Author Topic: Boeing Faces Questions About Its New 737 Max Jets After Ethiopia Crash  (Read 2582 times)

Offline KB4TEZ

  • Hero Member
  • *****
  • Posts: 1435
https://www.msn.com/en-us/money/companies/boeing-faces-questions-about-its-new-737-max-jets-after-ethiopia-crash/ar-BBUBIoY?li=BBnbfcN

The trouble appeared to begin almost immediately after takeoff. The pilots told air traffic controllers that they were having technical problems. And the plane seemed to repeatedly climb and dive before a final plunge.

Two eerily similar scenes have played out in recent months for Boeing’s brand-new 737 Max jets: on Sunday, when an Ethiopian Airlines flight crashed just after taking off from Addis Ababa, killing 157 people, and in October, when a Lion Air disaster killed 189 people in Indonesia.

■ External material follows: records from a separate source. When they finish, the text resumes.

//! The contract of a basic lock.
ghost use Rattle.std.specs.Prelude.{◌≡◌, ◌≢◌, ◌+◌, ◌<◌, ℕ, true, false, IfOk, IfErr};
ghost use Rattle.std.specs.Borrow.{Lends, sem};
ghost use Rattle.lock_rules.specs.Tag.{Tag};
ghost use Rattle.lock_rules.specs.Steps.{IfNot, IfGot};
ghost use Rattle.lock_rules.specs.Passes.{IsOf, AreAll};
ghost use Rattle.lock_rules.specs.Views.{answer_of};
ghost use Rattle.lock_rules.specs.declared.step.Answer.TheVariants.{Open, Yes};

use crate::cargo::Cargo;
use crate::pauses::Pauses;
use crate::step::{Refused, Step};
use crate::token::{Departing, Holding, Placed, Queueing};
use std::alloc::Global;
use std::sync::Wait;

/// A lock that keeps one value and hands it to one of its passes at a time.
///
/// `name` tells the lock from all others, `tag` is the tag of its value, `count` is the number of passes that it was made with, and `made`
/// says that the lock is one that this recipe makes. A call that is handed a token asks that it is of this lock, and gives a token of the
/// same lock, tag and number. Only `make` takes memory, and only `acquire` and `release` wait.
///
/// The contract says what callers rely on, and not how a lock is made: a mutex round the value that is taken by `try_lock` could meet it
/// with tokens that count its tries. That the four locks are the queue locks of their papers is said by the rules of their tables and by
/// the clauses of their own calls.
pub trait Basic<V: Cargo>: Sized {
    type Recipe: Copy;

    type Pass: Placed;

    type Queue: Queueing;

    type Held: Holding<V>;

    type Leave: Departing;

    ghost name: { Self → Tag };

    ghost tag: { Self → Tag };

    ghost count: { Self → ℕ };

    ghost made: { Self → Self.Recipe → Type 0 };

    /// A lock with its passes, in the order of their numbers from 0. It is refused for want of memory alone.
    fn make(
        alloc: Global,
        recipe: Self::Recipe,
        passes: u32,
        value: V,
    ) -> Result<(Self, Vec<Self::Pass>), Refused<V>>
        requires some { 0 < passes }
        requires fit { V.fit value }
        requires unparked { V.parked value ≡ false }
        ensures made { IfOk result (λ m. made m.0 recipe) }
        ensures tag { IfOk result (λ m. tag m.0 ≡ V.tag value) }
        ensures count { IfOk result (λ m. count m.0 ≡ passes) }
        ensures passes { IfOk result (λ m. AreAll Self.Pass.place (name m.0) (tag m.0) (count m.0) m.1.items) }
        ensures refused { IfErr result (λ r. r.value ≡ value) };

    /// Enters the queue; a lock that counts its waiters is told first. The answer is `Not` only where this call made an entering step,
    /// which the token records.
    fn begin(&self, pass: Self::Pass) -> Step<Self::Queue, Self::Held>
        requires own { IsOf (name self.now) (tag self.now) (Self.Pass.place pass) }
        ensures queue { IfNot result (λ q. (Self.Queue.waiting q).place ≡ Self.Pass.place pass) }
        ensures entered { IfNot result (λ q. (Self.Queue.waiting q).entries ≡ Self.Pass.entries pass + 1) }
        ensures held { IfGot result (λ h. (Self.Held.holder h).place ≡ Self.Pass.place pass) }
        ensures fit { IfGot result (λ h. V.fit (Self.Held.holder h).value) }
        ensures tagged { IfGot result (λ h. V.tag (Self.Held.holder h).value ≡ tag self.now) }
        ensures untested { IfGot result (λ h. (Self.Held.holder h).tested ≡ Open) };

    /// Takes the value where the pass is the head of the queue. The answer is `Not` only where the one load of this call, which the token
    /// records, didn't show the word that the pass waits for.
    fn poll(&self, queue: Self::Queue) -> Step<Self::Queue, Self::Held>
        requires own { IsOf (name self.now) (tag self.now) (Self.Queue.waiting queue).place }
        ensures queue { IfNot result (λ q. (Self.Queue.waiting q).place ≡ (Self.Queue.waiting queue).place) }
        ensures loaded { IfNot result (λ q. (Self.Queue.waiting q).loads ≡ (Self.Queue.waiting queue).loads + 1) }
        ensures unready { IfNot result (λ q. (Self.Queue.waiting q).ready ≡ false) }
        ensures held { IfGot result (λ h. (Self.Held.holder h).place ≡ (Self.Queue.waiting queue).place) }
        ensures fit { IfGot result (λ h. V.fit (Self.Held.holder h).value) }
        ensures tagged { IfGot result (λ h. V.tag (Self.Held.holder h).value ≡ tag self.now) }
        ensures untested { IfGot result (λ h. (Self.Held.holder h).tested ≡ Open) };

    /// Whether another pass waits, by one load, which the token records: one that is queued behind the holder or, in a lock that counts its
    /// waiters, one that has begun and not yet taken. A yes stays true until the release.
    fn waiter(&self, held: &mut Self::Held) -> bool
        requires own { IsOf (name self.now) (tag self.now) (Self.Held.holder held.old).place }
        ensures place { (Self.Held.holder held.new).place ≡ (Self.Held.holder held.old).place }
        ensures value { (Self.Held.holder held.new).value ≡ (Self.Held.holder held.old).value }
        ensures loaded { (Self.Held.holder held.new).loads ≡ (Self.Held.holder held.old).loads + 1 }
        ensures noted { (Self.Held.holder held.new).tested ≡ answer_of result };

    /// Puts the value back and leaves the queue. A parked value needs a yes of `waiter`, and a value that keeps an answer keeps the last
    /// one.
    fn begin_release(&self, held: Self::Held) -> Step<Self::Leave, Self::Pass>
        requires own { IsOf (name self.now) (tag self.now) (Self.Held.holder held).place }
        requires fit { V.fit (Self.Held.holder held).value }
        requires tagged { V.tag (Self.Held.holder held).value ≡ tag self.now }
        requires relied_on { V.parked (Self.Held.holder held).value ≡ true → (Self.Held.holder held).tested ≡ Yes }
        requires said { V.said (Self.Held.holder held).value ≢ Open
            → V.said (Self.Held.holder held).value ≡ (Self.Held.holder held).tested }
        ensures leave { IfNot result (λ l. (Self.Leave.waiting l).place ≡ (Self.Held.holder held).place) }
        ensures loaded { IfNot result (λ l. (Self.Leave.waiting l).loads ≡ (Self.Held.holder held).loads + 1) }
        ensures unready { IfNot result (λ l. (Self.Leave.waiting l).ready ≡ false) }
        ensures rests { IfNot result (λ l. Self.Leave.rests l) }
        ensures pass { IfGot result (λ p. Self.Pass.place p ≡ (Self.Held.holder held).place) };

    /// Goes on with a release. The answer is `Not` only where the one load of this call, which the token records, didn't show the word that
    /// the pass waits for.
    fn poll_release(&self, leave: Self::Leave) -> Step<Self::Leave, Self::Pass>
        requires own { IsOf (name self.now) (tag self.now) (Self.Leave.waiting leave).place }
        requires rests { Self.Leave.rests leave }
        ensures leave { IfNot result (λ l. (Self.Leave.waiting l).place ≡ (Self.Leave.waiting leave).place) }
        ensures loaded { IfNot result (λ l. (Self.Leave.waiting l).loads ≡ (Self.Leave.waiting leave).loads + 1) }
        ensures unready { IfNot result (λ l. (Self.Leave.waiting l).ready ≡ false) }
        ensures rests { IfNot result (λ l. Self.Leave.rests l) }
        ensures pass { IfGot result (λ p. Self.Pass.place p ≡ (Self.Leave.waiting leave).place) };

    /// Takes the lock apart, with all its passes in the order of their numbers.
    fn close(self, passes: Vec<Self::Pass>) -> V
        requires all { AreAll Self.Pass.place (name self) (tag self) (count self) passes.items }
        ensures fit { V.fit result }
        ensures tagged { V.tag result ≡ tag self }
        ensures unparked { V.parked result ≡ false };

    final fn value(held: &Self::Held) -> &V
        ensures { result.now ≡ (Self.Held.holder held.now).value }
    {
        held.value()
    }

    final fn value_mut(held: &mut Self::Held) -> &mut V
        ensures* writes_back { sem 𝓛 (Lends Self.Held.row V.row held.entry result (Self.Held.put held.old)) }
        ensures value { result.now ≡ (Self.Held.holder held.old).value }
        ensures others { (w : V) → Self.Held.holder (Self.Held.put held.old w) ≡ record (Self.Held.holder held.old) { value = w } }
    {
        held.value_mut()
    }

    /// Waits until the pass holds the value.
    #[inline(always)]
    final fn acquire<R: Wait>(&self, rt: &R, pass: Self::Pass) -> Self::Held
        requires own { IsOf (name self.now) (tag self.now) (Self.Pass.place pass) }
        ensures held { (Self.Held.holder result).place ≡ Self.Pass.place pass }
        ensures fit { V.fit (Self.Held.holder result).value }
        ensures tagged { V.tag (Self.Held.holder result).value ≡ tag self.now }
        ensures untested { (Self.Held.holder result).tested ≡ Open }
    {
        let mut queue = match self.begin(pass) {
            Step::Got(held) => return held,
            Step::Not(queue) => queue,
        };
        let mut pauses = Pauses::new();
        for _ in rt.forever() {
            queue = match self.poll(queue) {
                Step::Got(held) => return held,
                Step::Not(queue) => queue,
            };
            pauses.pause();
        }
        unreachable!()
    }

    /// Gives the value back, and waits until the pass is idle again.
    #[inline(always)]
    final fn release<R: Wait>(&self, rt: &R, held: Self::Held) -> Self::Pass
        requires own { IsOf (name self.now) (tag self.now) (Self.Held.holder held).place }
        requires fit { V.fit (Self.Held.holder held).value }
        requires tagged { V.tag (Self.Held.holder held).value ≡ tag self.now }
        requires relied_on { V.parked (Self.Held.holder held).value ≡ true → (Self.Held.holder held).tested ≡ Yes }
        requires said { V.said (Self.Held.holder held).value ≢ Open
            → V.said (Self.Held.holder held).value ≡ (Self.Held.holder held).tested }
        ensures pass { Self.Pass.place result ≡ (Self.Held.holder held).place }
    {
        let mut leave = match self.begin_release(held) {
            Step::Got(pass) => return pass,
            Step::Not(leave) => leave,
        };
        let mut pauses = Pauses::new();
        for _ in rt.forever() {
            leave = match self.poll_release(leave) {
                Step::Got(pass) => return pass,
                Step::Not(leave) => leave,
            };
            pauses.pause();
        }
        unreachable!()
    }
}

The Ethiopian crash occurred just outside the country’s capital, leaving a smoking crater where investigators combed over the grim scene. Much about the cause of the crash remains unknown and will take weeks to investigate, and Boeing and the National Transportation Safety Board are sending teams to the crash site.

[The plane lost contact with air traffic controllers six minutes after takeoff before plunging to earth.]

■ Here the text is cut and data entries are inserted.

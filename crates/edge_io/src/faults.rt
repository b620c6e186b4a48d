//! What goes wrong at the edge.

use thiserror::Error;

/// A read or a write failed; the object that failed has counted it.
#[derive(Clone, Copy, Debug, PartialEq, Eq, Error)]
#[error("the read or the write failed")]
pub struct Failed;

/// Why the bytes of a source were not all read.
#[derive(Clone, Copy, Debug, PartialEq, Eq, Error)]
pub enum ReadAllFault {
    /// A read failed.
    #[error("a read failed")]
    Fault,
    /// There were more bytes than the limit.
    #[error("more bytes than the limit")]
    TooLong,
    /// There was not enough memory.
    #[error("out of memory")]
    OutOfMemory,
}

/// The writing stopped behind the first `written` bytes: a write failed, or the sink took no more.
#[derive(Clone, Copy, Debug, PartialEq, Eq, Error)]
#[error("the writing stopped behind {written} bytes")]
pub struct Stopped {
    /// How many bytes the sink took.
    pub written: usize,
}
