//! Sinks in memory.
ghost use Rattle.std.specs.Prelude.{◌≡◌, ◌≤◌, ◌<◌, ◌+◌, ◌-◌, ◌++◌, length, take, min, vec_len, vec_capacity, Contains, IfOk, OnOk, OnErr};
ghost use Rattle.std.specs.Prelude.{[], Some};
ghost use Rattle.edge_io.specs.Counts.{Rose};
ghost use Rattle.edge_io.specs.Contents.{Gains, FallsBy, IsSpent};
ghost use Rattle.edge_io.specs.InMemory.{Tray, SureTray, one_more};

use crate::memory_source::is_listed;
use crate::{Failed, OutOfMemory, Sink};
use std::alloc::Global;
use std::marker::Model;

/// A sink in memory with a fixed room that takes pieces and fails at the calls that a list names.
#[derive(Drop)]
pub struct MemSink {
    bytes: Vec<u8>,
    room: usize,
    piece: usize,
    failing: Vec<u32>,
    calls: u64,
    faults: u64,
    stalls: u64,
}

impl Model for MemSink {
    ghost Value = { Tray };

    ghost view = { λ sink. record {
      held = sink.bytes.items;
      room = sink.room;
      piece = sink.piece;
      failing = sink.failing.items;
      calls = sink.calls;
      faults = sink.faults;
      stalls = sink.stalls;
    } };

    ghost invariant = { λ sink. (vec_len sink.bytes + sink.room ≤ vec_capacity sink.bytes) × (1 ≤ sink.piece) };
}

impl MemSink {
    /// A sink with room for `room` bytes, which it takes now, that takes at most `piece` bytes a call, which is at
    /// least 1, and fails at the calls whose numbers, counted from 0, are in `failing`.
    pub fn new(
        alloc: Global,
        room: usize,
        piece: usize,
        failing: Vec<u32>,
    ) -> Result<MemSink, OutOfMemory>
        requires { 1 ≤ piece }
        ensures { IfOk result (λ sink.
            sink ≡ record { held = []; room = room; piece = piece; failing = failing.items; calls = 0; faults = 0; stalls = 0 }) }
    {
        Ok(MemSink {
            bytes: Vec::with_capacity(alloc, room)?,
            room,
            piece,
            failing,
            calls: 0,
            faults: 0,
            stalls: 0,
        })
    }

    /// The bytes that the sink holds.
    pub fn bytes(&self) -> &[u8]
        ensures { result.now ≡ self.now.held }
    {
        &self.bytes
    }
}

impl Sink for MemSink {
    ghost held = { λ sink. Some sink.held };

    ghost room = { λ sink. Some sink.room };

    ghost faults = { λ sink. sink.faults };

    ghost stalls = { λ sink. sink.stalls };

    /// Takes at most `piece` bytes, and none when it is full; `Failed` exactly at the calls of the list, which it
    /// counts.
    fn write(&mut self, piece: &[u8]) -> Result<usize, Failed>
        ensures bound { IfOk result (λ count. count ≤ length piece.now) }
        ensures held { IfOk result (λ count. Gains (Some self.old.held) (Some self.new.held) (take count piece.now)) }
        ensures room { IfOk result (λ count. FallsBy count (Some self.old.room) (Some self.new.room)) }
        ensures stalled { IfOk result (λ count. count ≡ 0 → 0 < length piece.now → Rose self.old.stalls self.new.stalls) }
        ensures full { IfOk result (λ count. count ≡ 0 → 0 < length piece.now → IsSpent (Some self.new.room)) }
        ensures moved { IfOk result (λ count. 0 < count → self.new.stalls ≡ self.old.stalls) }
        ensures nothing { length piece.now ≡ 0 → self.new.stalls ≡ self.old.stalls }
        ensures calm { IfOk result (λ _. self.new.faults ≡ self.old.faults) }
        ensures failed { OnErr result (Rose self.old.faults self.new.faults) }
        ensures stalls_stay { OnErr result (self.new.stalls ≡ self.old.stalls) }
        ensures held_stays { OnErr result (Some self.new.held ≡ Some self.old.held) }
        ensures room_stays { OnErr result (Some self.new.room ≡ Some self.old.room) }
        ensures faults_never_fall { self.old.faults ≤ self.new.faults }
        ensures stalls_never_fall { self.old.stalls ≤ self.new.stalls }

        ensures as_much_as_fits { IfOk result (λ count. count ≡ min self.old.piece (min (length piece.now) self.old.room)) }
        ensures fails_as_listed { OnErr result (Contains self.old.failing self.old.calls) }
        ensures takes_else { OnOk result (Contains self.old.failing self.old.calls → ⊥) }
        ensures counts_calls { self.new.calls ≡ one_more self.old.calls }
        ensures same_piece { self.new.piece ≡ self.old.piece }
        ensures same_list { self.new.failing ≡ self.old.failing }
    {
        let call = self.calls;
        self.calls = call.saturating_add(1);
        if is_listed(&self.failing, call) {
            self.faults = self.faults.saturating_add(1);
            return Err(Failed);
        }
        let count = take_front(&mut self.bytes, &mut self.room, piece, self.piece);
        if count == 0 && !piece.is_empty() {
            self.stalls = self.stalls.saturating_add(1);
        }
        Ok(count)
    }
}

// Appends the front of a piece to the bytes, as much as the room and `most` allow, and answers how much.
fn take_front(bytes: &mut Vec<u8>, room: &mut usize, piece: &[u8], most: usize) -> usize
    requires { vec_len bytes.old + room.old ≤ vec_capacity bytes.old }
    ensures count { result ≡ min most (min (length piece.now) room.old) }
    ensures held { bytes.new.items ≡ bytes.old.items ++ take result piece.now }
    ensures room { room.old ≡ result + room.new }
    ensures roomy { vec_len bytes.new + room.new ≤ vec_capacity bytes.new }
{
    let count = most.min(piece.len().min(*room));
    bytes.extend_from_slice(&piece[..count]).unwrap();
    *room -= count;
    count
}

/// A sink in memory with a fixed room that never fails.
#[derive(Drop)]
pub struct SureSink {
    bytes: Vec<u8>,
    room: usize,
    stalls: u64,
}

impl Model for SureSink {
    ghost Value = { SureTray };

    ghost view = { λ sink. record { held = sink.bytes.items; room = sink.room; stalls = sink.stalls } };

    ghost invariant = { λ sink. vec_len sink.bytes + sink.room ≤ vec_capacity sink.bytes };
}

impl SureSink {
    /// A sink with room for `room` bytes, which it takes now.
    pub fn new(alloc: Global, room: usize) -> Result<SureSink, OutOfMemory>
        ensures { IfOk result (λ sink. sink ≡ record { held = []; room = room; stalls = 0 }) }
    {
        Ok(SureSink {
            bytes: Vec::with_capacity(alloc, room)?,
            room,
            stalls: 0,
        })
    }

    /// The bytes that the sink holds.
    pub fn bytes(&self) -> &[u8]
        ensures { result.now ≡ self.now.held }
    {
        &self.bytes
    }
}

impl Sink for SureSink {
    ghost held = { λ sink. Some sink.held };

    ghost room = { λ sink. Some sink.room };

    ghost faults = { λ _. 0 };

    ghost stalls = { λ sink. sink.stalls };

    fn write(&mut self, piece: &[u8]) -> Result<usize, Failed> {
        let count = take_front(&mut self.bytes, &mut self.room, piece, usize::MAX);
        if count == 0 && !piece.is_empty() {
            self.stalls = self.stalls.saturating_add(1);
        }
        Ok(count)
    }
}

But the rarity of two planes of the same model going down in such a short time span has urgently caught the attention of pilots, passengers, engineers and industry analysts.

For Boeing, the questions go to the heart of its business, as the 737 class is a workhorse for airlines worldwide, and the single-aisle 737 Max has been the company’s best-selling plane ever. By the end of January, Boeing had delivered over 350 737 Max jets since putting them in service in 2017. They have a list price of around $120 million, the company said, and around 5,000 more are on order.

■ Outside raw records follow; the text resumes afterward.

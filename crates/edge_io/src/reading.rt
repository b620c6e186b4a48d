//! Reading a source to its end.
ghost use Rattle.std.specs.Prelude.{◌≡◌, ◌≢◌, ◌≤◌, ◌<◌, ◌+◌, ◌-◌, length, vec_len, IfErr, IfOk, IfSome, OnOk, OnErr};
ghost use Rattle.edge_io.specs.Counts.{Rose, RisesBy};
ghost use Rattle.edge_io.specs.Contents.{Loses, IsAtEnd, IsDrained};
ghost use Rattle.edge_io.specs.Reading.{HasGiven, ReadsMore};

use crate::{ReadAllFault, Source};
use std::alloc::Global;

// How many bytes one read asks for at most.
const PIECE: usize = 65_536;

/// Reads a source to its end and answers its bytes, at most `limit` of them. It asks for at most one byte more.
/// `Fault` where a read failed, `TooLong` where the source had more than `limit` bytes. A source that refused has
/// given what the reads before took.
pub fn read_all<S: Source>(
    alloc: Global,
    source: &mut S,
    limit: usize,
) -> Result<Vec<u8>, ReadAllFault>
    requires { limit < usize.MAX }
    ensures all { IfOk result (λ bytes. IfSome (S.left source.old) (λ left. bytes.items ≡ left)) }
    ensures end { OnOk result (IsDrained (S.left source.old) (S.left source.new)) }
    ensures within { IfOk result (λ bytes. vec_len bytes ≤ limit) }
    ensures given { IfOk result (λ bytes. RisesBy (vec_len bytes) (S.given source.old) (S.given source.new)) }
    ensures too_long { result ≡ Err ReadAllFault.TooLong → RisesBy (limit + 1) (S.given source.old) (S.given source.new) }
    ensures longer { result ≡ Err ReadAllFault.TooLong → IfSome (S.left source.old) (λ left. limit < length left) }
    ensures fault { result ≡ Err ReadAllFault.Fault → Rose (S.faults source.old) (S.faults source.new) }
    ensures calm { result ≢ Err ReadAllFault.Fault → S.faults source.new ≡ S.faults source.old }
    ensures dropped { OnErr result (HasGiven limit (S.left source.old) (S.left source.new) (S.given source.old) (S.given source.new)) }
    ensures never_falls { S.faults source.old ≤ S.faults source.new }
{
    let mut buffer = piece_buffer(alloc)?;
    let mut bytes = Vec::new(alloc);
    while bytes.len() <= limit {
        let count = read_piece(source, &mut buffer, &mut bytes, limit)?;
        if count == 0 {
            return Ok(bytes);
        }
    }
    Err(ReadAllFault::TooLong)
}

// Room for one read.
fn piece_buffer(alloc: Global) -> Result<Vec<u8>, ReadAllFault>
    ensures ok { IfOk result (λ buffer. 0 < vec_len buffer) }
    ensures err { IfErr result (λ fault. fault ≡ ReadAllFault.OutOfMemory) }
{
    vec![in alloc; 0; PIECE].map_err(|_| ReadAllFault::OutOfMemory)
}

// Reads the next piece behind the bytes so far, up to one byte over the limit, and answers how long it is: 0 at
// the end.
fn read_piece<S: Source>(
    source: &mut S,
    buffer: &mut [u8],
    bytes: &mut Vec<u8>,
    limit: usize,
) -> Result<usize, ReadAllFault>
    requires limited { limit < usize.MAX }
    requires within { vec_len bytes.old ≤ limit }
    requires roomy { 0 < length buffer.old }
    ensures ok { IfOk result (λ count. ReadsMore count (S.left source.old) (S.left source.new) bytes.old.items bytes.new.items) }
    ensures within { IfOk result (λ count. vec_len bytes.new ≤ limit + 1) }
    ensures given { IfOk result (λ count. RisesBy count (S.given source.old) (S.given source.new)) }
    ensures end { IfOk result (λ count. count ≡ 0 → IsAtEnd (S.left source.old)) }
    ensures fault { result ≡ Err ReadAllFault.Fault → Rose (S.faults source.old) (S.faults source.new) }
    ensures not_too_long { result ≢ Err ReadAllFault.TooLong }
    ensures calm { result ≢ Err ReadAllFault.Fault → S.faults source.new ≡ S.faults source.old }
    ensures dropped { OnErr result
        (HasGiven (limit - vec_len bytes.old) (S.left source.old) (S.left source.new) (S.given source.old) (S.given source.new)) }
    ensures never_falls { S.faults source.old ≤ S.faults source.new }
{
    let wanted = buffer.len().min(limit + 1 - bytes.len());
    let piece = &mut buffer[..wanted];
    let count = source.read(piece).map_err(|_| ReadAllFault::Fault)?;
    bytes
        .extend_from_slice(&piece[..count])
        .map_err(|_| ReadAllFault::OutOfMemory)?;
    Ok(count)
}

“There’s a whole lot of questions here and not a lot of answers,” said John Cox, the former executive air safety chairman of the Air Line Pilots Association in the United States and now the chief executive of Safety Operating Systems, a consulting firm.

Some airline and national officials are not waiting for answers. China on Monday morning ordered the grounding of 737 Max planes, and Cayman Airways said it was grounding its two new 737 Max jets.